Tetapi yang Terang, latar belakang birokrasi para kandidat yang ikut berkontestasi, berpotensi membawa proses pilpres pada koridor isu dan visi kampanye yang senada seirama sekalipun mereka berada di kubu yang berseberangan. Visi yang sama pada gilirannya akan Membangun pemerintahan baru terdorong melanjutkan program-program strategis dari pemerintahan yang digantikan.
Sepertinya, dengan suasana politik semacam itulah cita-cita pembangunan berkelanjutan dapat direalisasikan. Bukan dengan menggonta-ganti secara sembarangan yang dapat Membangun tatanan dan dinamika nasional menjadi mandeg karena Lalu menerus memulai – tanpa pernah berjalan. Sementara, tantangan dunia Mendunia menuntut terciptanya suatu kondisi masyarakat dan negara yang siap maju dan berpacu.
Maju berkelanjutan
Istilah bola liar pernah dipakai Erick Thohir pada sebuah komentar spontannya di media elektronik Ketika menjawab pertanyaan pewarta soal namanya yang selalu teratas dalam survei demi survei dari sejumlah lembaga survei. Ia Terang sangat berhati-hati, walaupun belakangan Partai Amanat Nasional menyatakan akan mengusungnya selaku cawapres mendampingi Prabowo Subiantò.
Bagaimana pun, pilihan terbijak bagi Erick tetaplah menampilkan diri sesuai tanggungjawab yang diembannya selaku mentri BUMN, bukan sebagai man on top yang dapat menjadi lubang jebakan mengingat Lagi liarnya manuver politik para kandidat Kepada sosok cawapres.

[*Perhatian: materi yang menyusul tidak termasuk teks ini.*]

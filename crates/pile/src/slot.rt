// Where a record lies in the block: its key from byte `at` on, its body right behind the key. It takes 24 bytes.
#[derive(Clone, Copy)]
pub struct Slot {
    pub at: u64,
    pub key: u32,
    pub body: u32,
    pub seq: u64,
}
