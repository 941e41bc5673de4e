/// The record takes more bytes than are free.
#[derive(Clone, Copy, Debug, PartialEq, Eq)]
pub struct Full;
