//! Holdings: which parts have the same owners with the same shares.

use crate::parts::{Part, owners_of};
use crate::row::Row;
use std::alloc::{AllocError, Global};

/// A part with its rows and the key of its holding: the index of that holding among those of the sheet, in the order in which
/// they first stand there.
#[derive(Drop)]
pub(crate) struct Keyed<'a> {
    pub part: &'a Part,
    pub owners: &'a [Row],
    pub key: usize,
}

// Whether two lists of owners are one.
fn are_same(a: &[Row], b: &[Row]) -> bool {
    if a.len() != b.len() {
        return false;
    }
    for (i, row) in a.iter().enumerate() {
        if row.party.as_str() != b[i].party.as_str() || row.share != b[i].share {
            return false;
        }
    }
    true
}

// The key of the first part with these owners.
fn key_in(keyed: &[Keyed<'_>], owners: &[Row]) -> Option<usize> {
    for other in keyed {
        if are_same(other.owners, owners) {
            return Some(other.key);
        }
    }
    None
}

/// The parts with their keys, and the number of keys.
pub(crate) fn keyed_parts<'a>(
    alloc: Global,
    rows: &'a [Row],
    parts: &'a [Part],
) -> Result<(Vec<Keyed<'a>>, usize), AllocError> {
    let mut keyed: Vec<Keyed<'a>> = Vec::new(alloc);
    let mut keys: usize = 0;
    for part in parts {
        let owners = owners_of(rows, part);
        let key = key_in(keyed.as_slice(), owners).unwrap_or(keys);
        keys = keys.max(key.saturating_add(1));
        keyed.push(Keyed { part, owners, key })?;
    }
    Ok((keyed, keys))
}
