//! The parts of a sheet.

ghost use Rattle.std.specs.Prelude.{◌≡◌, ◌≤◌, ◌<◌, ◌∷◌, IfOk, length, drop};
ghost use Rattle.std.specs.List.{prefix_len};
ghost use Rattle.title_plat.specs.Parts.{is_row_of, owners_of, parts_from, parts_of};

use crate::row::{Row, is_row_of, rows_between};
use std::alloc::{AllocError, Global};
use title_aliquot::Node;
use title_instrument::Estate;

/// A part of a sheet: a node, one of its estates, and which rows say who owns it there, from `first` to before `end`.
#[derive(Clone, Copy, Debug, PartialEq, Eq)]
pub struct Part {
    pub node: Node,
    pub estate: Estate,
    pub first: usize,
    pub end: usize,
}

// How many rows at the front are of this node and estate.
fn run_length(rows: &[Row], node: &Node, estate: Estate) -> usize
    ensures run { result ≡ prefix_len (is_row_of node.now estate) rows.now }
{
    rows.iter()
        .take_while(|row| is_row_of(row, node, estate))
        .count()
}

// The part that begins at a row.
fn part_at(rows: &[Row], first: usize) -> Part
    requires here { first < length rows.now }
    ensures some { first < result.end }
    ensures within { result.end ≤ length rows.now }
    ensures part { parts_from first (drop first rows.now)
        ≡ result ∷ parts_from result.end (drop result.end rows.now) }
{
    let row = &rows[first];
    let count = run_length(&rows[first + 1..], &row.node, row.estate);
    Part {
        node: row.node,
        estate: row.estate,
        first,
        end: first + 1 + count,
    }
}

/// The parts of a sheet: runs of rows with one node and estate, each as long as it can be.
pub fn parts_of(alloc: Global, rows: &[Row]) -> Result<Vec<Part>, AllocError>
    ensures parts { IfOk result (λ parts. parts.items ≡ parts_of rows.now) }
{
    let mut parts = Vec::new(alloc);
    let mut at = 0;
    while at < rows.len() {
        let part = part_at(rows, at);
        at = part.end;
        parts.push(part)?;
    }
    Ok(parts)
}

/// The rows of a part.
pub fn owners_of<'a>(rows: &'a [Row], part: &Part) -> &'a [Row]
    ensures owners { result.now ≡ owners_of rows.now part.now }
{
    rows_between(rows, part.first, part.end)
}
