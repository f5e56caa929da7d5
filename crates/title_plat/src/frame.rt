//! What land is drawn.

ghost use Rattle.std.specs.{Prelude.{◌≡◌, fold, IfOk, OnOk}, List.{list_all}};
ghost use Rattle.title_plat.specs.Drawn.{land_drawn, land_of, lies_in, section_in, sole_section, township_in, townships_of, with_township};

use crate::parts::Part;
use std::alloc::{AllocError, Global};
use title_aliquot::{Node, Section, Township};

/// The land that is drawn for a sheet.
#[derive(Drop)]
pub enum Frame {
    /// The one section in which all parts lie.
    Section(Section),
    /// Each township in which a part lies, in the order of their first parts.
    Townships(Vec<Township>),
    /// The whole plant, where no part names a township.
    Everything,
}

// The section in which a node lies.
fn section_in(node: &Node) -> Option<Section>
    ensures section { result ≡ section_in node.now }
{
    match node {
        Node::Part(section, _) => Some(*section),
        _ => None,
    }
}

// The township in which a node lies.
fn township_in(node: &Node) -> Option<Township>
    ensures township { result ≡ township_in node.now }
{
    match node {
        Node::Part(section, _) => Some(section.township),
        Node::Township(township) => Some(*township),
        Node::Everything => None,
    }
}

// Whether a part lies in a section.
fn lies_in(part: &Part, section: Section) -> bool
    ensures lies { result ≡ lies_in section part.now }
{
    match section_in(&part.node) {
        Some(other) => section.is(other),
        None => false,
    }
}

// Whether all of some parts lie in a section.
fn all_lie_in(parts: &[Part], section: Section) -> bool
    ensures lie { result ≡ list_all (lies_in section) parts.now }
{
    parts.iter().all(|part| lies_in(part, section))
}

// The one section in which all parts lie.
fn sole_section(parts: &[Part]) -> Option<Section>
    ensures sole { result ≡ sole_section parts.now }
{
    let (first, rest) = parts.split_first()?;
    let section = section_in(&first.node)?;
    if all_lie_in(rest, section) {
        Some(section)
    } else {
        None
    }
}

// Adds the township in which a node lies, unless it is there.
fn add_township(townships: &mut Vec<Township>, node: &Node) -> Result<(), AllocError>
    ensures added { OnOk result (townships.new.items ≡ with_township townships.old.items node.now) }
{
    if let Some(township) = township_in(node) {
        if !township.is_among(townships.as_slice()) {
            townships.push(township)?;
        }
    }
    Ok(())
}

// The townships in which parts lie.
fn townships_of(alloc: Global, parts: &[Part]) -> Result<Vec<Township>, AllocError>
    ensures townships { IfOk result (λ townships. townships.items ≡ townships_of parts.now) }
{
    let mut townships = Vec::new(alloc);
    for part in parts {
        add_township(&mut townships, &part.node)?;
    }
    Ok(townships)
}

/// The land that is drawn for these parts.
pub(crate) fn frame_of(alloc: Global, parts: &[Part]) -> Result<Frame, AllocError>
    ensures land { IfOk result (λ frame. land_of frame ≡ land_drawn parts.now) }
{
    if let Some(section) = sole_section(parts) {
        return Ok(Frame::Section(section));
    }
    let townships = townships_of(alloc, parts)?;
    if townships.is_empty() {
        return Ok(Frame::Everything);
    }
    Ok(Frame::Townships(townships))
}
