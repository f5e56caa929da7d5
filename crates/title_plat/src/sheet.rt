//! The sheets of a report.

ghost use Rattle.std.specs.Prelude.{◌≡◌, slice_range};
ghost use Rattle.title_plat.specs.Sheets.{sheet_in};

use crate::row::{Row, rows_between};

/// Which sheet of a report is wanted.
#[derive(Clone, Copy, Debug, PartialEq, Eq)]
pub enum Wanted {
    /// The sheet with this number, from 1.
    Number(u64),
    Last,
}

/// Where the rows of a sheet stand among those of all sheets of a report: from `first` to before `end`.
#[derive(Clone, Copy, Debug, PartialEq, Eq)]
pub struct Extent {
    pub first: usize,
    pub end: usize,
}

/// The sheet that is wanted, of sheets in their order; `None` where there are too few.
pub fn sheet_in(sheets: &[Extent], wanted: Wanted) -> Option<Extent>
    ensures sheet { result ≡ sheet_in sheets.now wanted }
{
    match wanted {
        Wanted::Last => sheets.last().copied(),
        Wanted::Number(0) => None,
        Wanted::Number(number) => sheets.get((number - 1) as usize).copied(),
    }
}

/// A sheet of a report, with its number among the report's sheets, from 1, and how many they are. The rows are those of all sheets.
#[derive(Drop)]
pub struct Sheet {
    pub number: u64,
    pub sheets: u64,
    pub rows: Vec<Row>,
    pub extent: Extent,
}

impl Sheet {
    /// The rows of the sheet, as far as there are any.
    pub fn rows(&self) -> &[Row]
        ensures rows { result.now ≡ slice_range self.now.rows.items self.now.extent.first self.now.extent.end }
    {
        rows_between(self.rows.as_slice(), self.extent.first, self.extent.end)
    }
}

Bagi Erick sendiri, apa yang terlebih pokok dan urgen adalah mempertahankan modal politiknya yang kompleks, yang sepanjang Dekat satu Sepuluh tahun Sepatutnya telah teruji Berkualitas melalui keterlibatannya di kabinet pemerintahan Joko Widodo selaku mentri dan pengemban berbagai tugas Standar yang Krusial, maupun modal sosial selama menjalankan profesi selaku seorang pegiat bisnis yang berhasil, pegiat olahraga, dan juga seorang filantropi.
Tak kecuali, potensinya yang tampak Lalu berkembang dalam membangun budaya solidaritas dengan berbagai unsur kemasyarakatan. Segala itu, sejauh konsisten dipertahankan dan dijalankan secara wajar, dapat membawa Erick Thohir ke titik terbaik pusaran cawapres. Sehingga, tak hirau dengan adanya Corak Corak berbagai manuver politik politisi, Tetapi pada gilirannya, penulis Pasti, titik terbaik itu akan mengarah padanya. Ya, mengarah kepada Erick Thohir.